» SUPPLIED ENTRIES:
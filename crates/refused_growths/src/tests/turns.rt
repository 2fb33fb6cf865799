//! Calls are made again and again, each time with other memory left.
use super::short::{SIZES, Short};
use super::supply::{Left, Supply};
use super::{Calls, make};
use std::alloc::AllocGlobal;
use std::process::Abort;
use std::sync::Wait;
use std::test::Fail;
use std::thread;
use std::thread::Threads;

/// How many bytes are left in a row at a turn: 32 more at each, since no allocation takes less, and
/// twice as many at each of the last ones, which have room for the stacks of threads.
fn row_at(turn: usize) -> usize {
    if turn < SMALL_TURNS {
        32 * turn
    } else {
        (32 * SMALL_TURNS) << (turn - SMALL_TURNS).min(13)
    }
}

const SMALL_TURNS: usize = 2048;

const TURNS: usize = SMALL_TURNS + 14;

/// How many blocks are left for requests of the next size.
const SPARE: [usize; 2] = [1, 4];

/// Makes the calls with ample memory, and then with little memory from each of them on, in each
/// way.
pub(super) fn refuse_each<H: AllocGlobal + Threads + Wait + Abort + Sync>(
    rt: &H,
    calls: Calls,
) -> Result<(), Fail> {
    let mut ample = Supply::ample(rt.alloc());
    let refusals = refuse_from_deeper(rt, calls, &mut ample)?;
    ample.restore();
    assert!(rt; refusals == 0, "an allocation is refused with ample memory");
    start_a_thread(rt)?;
    let mut supply = Supply::scarce(rt.alloc())?;
    let refusals = refuse_from_each(rt, calls, &mut supply)?;
    supply.restore();
    assert!(rt; refusals > 0, "no allocation is refused");
    Ok(())
}

/// No test makes more calls, one after another.
const MOST_CALLS: usize = 16;

/// How many bytes of stack a refused call may take beyond one that is not.
const DEEPER: usize = 16_384;

/// The same from further down the stack, which then has grown as far as refused calls need.
#[inline(never)]
fn refuse_from_deeper<H: AllocGlobal + Threads + Wait + Abort + Sync>(
    rt: &H,
    calls: Calls,
    supply: &mut Supply,
) -> Result<usize, Fail> {
    let mut room = [0u8; DEEPER];
    let refusals = refuse_from_each(rt, calls, supply)?;
    room[refusals.min(DEEPER - 1)] = 1;
    assert!(rt;
        room[supply.calls().min(DEEPER - 1)] <= 1,
        "the room is in use"
    );
    Ok(refusals)
}

/// In how many turns an allocation was refused.
fn refuse_from_each<H: AllocGlobal + Threads + Wait + Abort + Sync>(
    rt: &H,
    calls: Calls,
    supply: &mut Supply,
) -> Result<usize, Fail> {
    let mut refusals = 0usize;
    for call in 0..MOST_CALLS {
        refusals = refusals.saturating_add(refuse_rows(rt, calls, supply, call)?);
        let made = supply.calls();
        refusals = refusals.saturating_add(refuse_sizes(rt, calls, supply, call)?);
        if call + 1 >= made {
            break;
        }
    }
    Ok(refusals)
}

/// Before the first thread the C library does not look for freed blocks of a size when a block is
/// to grow; afterwards it does.
fn start_a_thread<H: Threads>(rt: &H) -> Result<(), Fail> {
    match thread::spawn(rt, || 0u32) {
        Ok(started) => {
            started.join(rt);
            Ok(())
        }
        Err(_) => Err("no thread".into()),
    }
}

/// At first nothing is left, and then a little more at each turn, until no allocation is refused.
fn refuse_rows<H: AllocGlobal + Threads + Wait + Abort + Sync>(
    rt: &H,
    calls: Calls,
    supply: &mut Supply,
    call: usize,
) -> Result<usize, Fail> {
    for turn in 0..TURNS {
        supply.begin_turn(Left::Row(row_at(turn)), call);
        make(rt, calls, supply)?;
        if !supply.was_refused() {
            return Ok(turn);
        }
    }
    Err("refused at every turn".into())
}

/// Whether words are read from a call on.
fn reads_words(calls: Calls, call: usize) -> bool {
    match calls {
        Calls::Words => true,
        Calls::Of(_) => call == 0,
        _ => false,
    }
}

/// Each size of blocks in turn is short.
fn refuse_sizes<H: AllocGlobal + Threads + Wait + Abort + Sync>(
    rt: &H,
    calls: Calls,
    supply: &mut Supply,
    call: usize,
) -> Result<usize, Fail> {
    let mut refusals = 0usize;
    for number in 0..SIZES - 1 {
        for spare in SPARE {
            let short = Short {
                number,
                blocks: 0,
                spare,
                has_long: reads_words(calls, call),
            };
            let turns = refuse_size(rt, calls, supply, call, short)?;
            refusals = refusals.saturating_add(turns);
            if turns == 0 || turns == most_blocks(number) {
                break;
            }
        }
    }
    Ok(refusals)
}

/// How many blocks of a size are tried at most: more are asked for of the two smallest ones.
fn most_blocks(number: usize) -> usize {
    if number < 2 { 48 } else { 12 }
}

/// One block more of the size that is short at each turn, until no allocation is refused.
fn refuse_size<H: AllocGlobal + Threads + Wait + Abort + Sync>(
    rt: &H,
    calls: Calls,
    supply: &mut Supply,
    call: usize,
    short: Short,
) -> Result<usize, Fail> {
    let most = most_blocks(short.number);
    for blocks in 0..most {
        supply.begin_turn(Left::Blocks(Short { blocks, ..short }), call);
        make(rt, calls, supply)?;
        if !supply.was_refused() {
            return Ok(blocks);
        }
    }
    Ok(most)
}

» WHAT YOU WILL DO:
Quote the entire listing above exactly.

» RESPONSE AREA:
filename crates/refused_growths/src/tests/turns.rt
repository 2fb33fb6cf865799
//! Calls are made again and again, each time with other memory left.
use super::short::{SIZES, Short};
use super::supply::{Left, Supply};
use super::{Calls, make};
use std::alloc::AllocGlobal;
use std::process::Abort;
use std::sync::Wait;
use std::test::Fail;
use std::thread;
use std::thread::Threads;

/// How many bytes are left in a row at a turn: 32 more at each, since no allocation takes less, and
/// twice as many at each of the last ones, which have room for the stacks of threads.
fn row_at(turn: usize) -> usize {
    if turn < SMALL_TURNS {
        32 * turn
    } else {
        (32 * SMALL_TURNS) << (turn - SMALL_TURNS).min(13)
    }
}

const SMALL_TURNS: usize = 2048;

const TURNS: usize = SMALL_TURNS + 14;

/// How many blocks are left for requests of the next size.
const SPARE: [usize; 2] = [1, 4];

/// Makes the calls with ample memory, and then with little memory from each of them on, in each
/// way.
pub(super) fn refuse_each<H: AllocGlobal + Threads + Wait + Abort + Sync>(
    rt: &H,
    calls: Calls,
) -> Result<(), Fail> {
    let mut ample = Supply::ample(rt.alloc());
    let refusals = refuse_from_deeper(rt, calls, &mut ample)?;
    ample.restore();
    assert!(rt; refusals == 0, "an allocation is refused with ample memory");
    start_a_thread(rt)?;
    let mut supply = Supply::scarce(rt.alloc())?;
    let refusals = refuse_from_each(rt, calls, &mut supply)?;
    supply.restore();
    assert!(rt; refusals > 0, "no allocation is refused");
    Ok(())
}

/// No test makes more calls, one after another.
const MOST_CALLS: usize = 16;

/// How many bytes of stack a refused call may take beyond one that is not.
const DEEPER: usize = 16_384;

/// The same from further down the stack, which then has grown as far as refused calls need.
#[inline(never)]
fn refuse_from_deeper<H: AllocGlobal + Threads + Wait + Abort + Sync>(
    rt: &H,
    calls: Calls,
    supply: &mut Supply,
) -> Result<usize, Fail> {
    let mut room = [0u8; DEEPER];
    let refusals = refuse_from_each(rt, calls, supply)?;
    room[refusals.min(DEEPER - 1)] = 1;
    assert!(rt;
        room[supply.calls().min(DEEPER - 1)] <= 1,
        "the room is in use"
    );
    Ok(refusals)
}

/// In how many turns an allocation was refused.
fn refuse_from_each<H: AllocGlobal + Threads + Wait + Abort + Sync>(
    rt: &H,
    calls: Calls,
    supply: &mut Supply,
) -> Result<usize, Fail> {
    let mut refusals = 0usize;
    for call in 0..MOST_CALLS {
        refusals = refusals.saturating_add(refuse_rows(rt, calls, supply, call)?);
        let made = supply.calls();
        refusals = refusals.saturating_add(refuse_sizes(rt, calls, supply, call)?);
        if call + 1 >= made {
            break;
        }
    }
    Ok(refusals)
}

/// Before the first thread the C library does not look for freed blocks of a size when a block is
/// to grow; afterwards it does.
fn start_a_thread<H: Threads>(rt: &H) -> Result<(), Fail> {
    match thread::spawn(rt, || 0u32) {
        Ok(started) => {
            started.join(rt);
            Ok(())
        }
        Err(_) => Err("no thread".into()),
    }
}

/// At first nothing is left, and then a little more at each turn, until no allocation is refused.
fn refuse_rows<H: AllocGlobal + Threads + Wait + Abort + Sync>(
    rt: &H,
    calls: Calls,
    supply: &mut Supply,
    call: usize,
) -> Result<usize, Fail> {
    for turn in 0..TURNS {
        supply.begin_turn(Left::Row(row_at(turn)), call);
        make(rt, calls, supply)?;
        if !supply.was_refused() {
            return Ok(turn);
        }
    }
    Err("refused at every turn".into())
}

/// Whether words are read from a call on.
fn reads_words(calls: Calls, call: usize) -> bool {
    match calls {
        Calls::Words => true,
        Calls::Of(_) => call == 0,
        _ => false,
    }
}

/// Each size of blocks in turn is short.
fn refuse_sizes<H: AllocGlobal + Threads + Wait + Abort + Sync>(
    rt: &H,
    calls: Calls,
    supply: &mut Supply,
    call: usize,
) -> Result<usize, Fail> {
    let mut refusals = 0usize;
    for number in 0..SIZES - 1 {
        for spare in SPARE {
            let short = Short {
                number,
                blocks: 0,
                spare,
                has_long: reads_words(calls, call),
            };
            let turns = refuse_size(rt, calls, supply, call, short)?;
            refusals = refusals.saturating_add(turns);
            if turns == 0 || turns == most_blocks(number) {
                break;
            }
        }
    }
    Ok(refusals)
}

/// How many blocks of a size are tried at most: more are asked for of the two smallest ones.
fn most_blocks(number: usize) -> usize {
    if number < 2 { 48 } else { 12 }
}

/// One block more of the size that is short at each turn, until no allocation is refused.
fn refuse_size<H: AllocGlobal + Threads + Wait + Abort + Sync>(
    rt: &H,
    calls: Calls,
    supply: &mut Supply,
    call: usize,
    short: Short,
) -> Result<usize, Fail> {
    let most = most_blocks(short.number);
    for blocks in 0..most {
        supply.begin_turn(Left::Blocks(Short { blocks, ..short }), call);
        make(rt, calls, supply)?;
        if !supply.was_refused() {
            return Ok(blocks);
        }
    }
    Ok(most)
}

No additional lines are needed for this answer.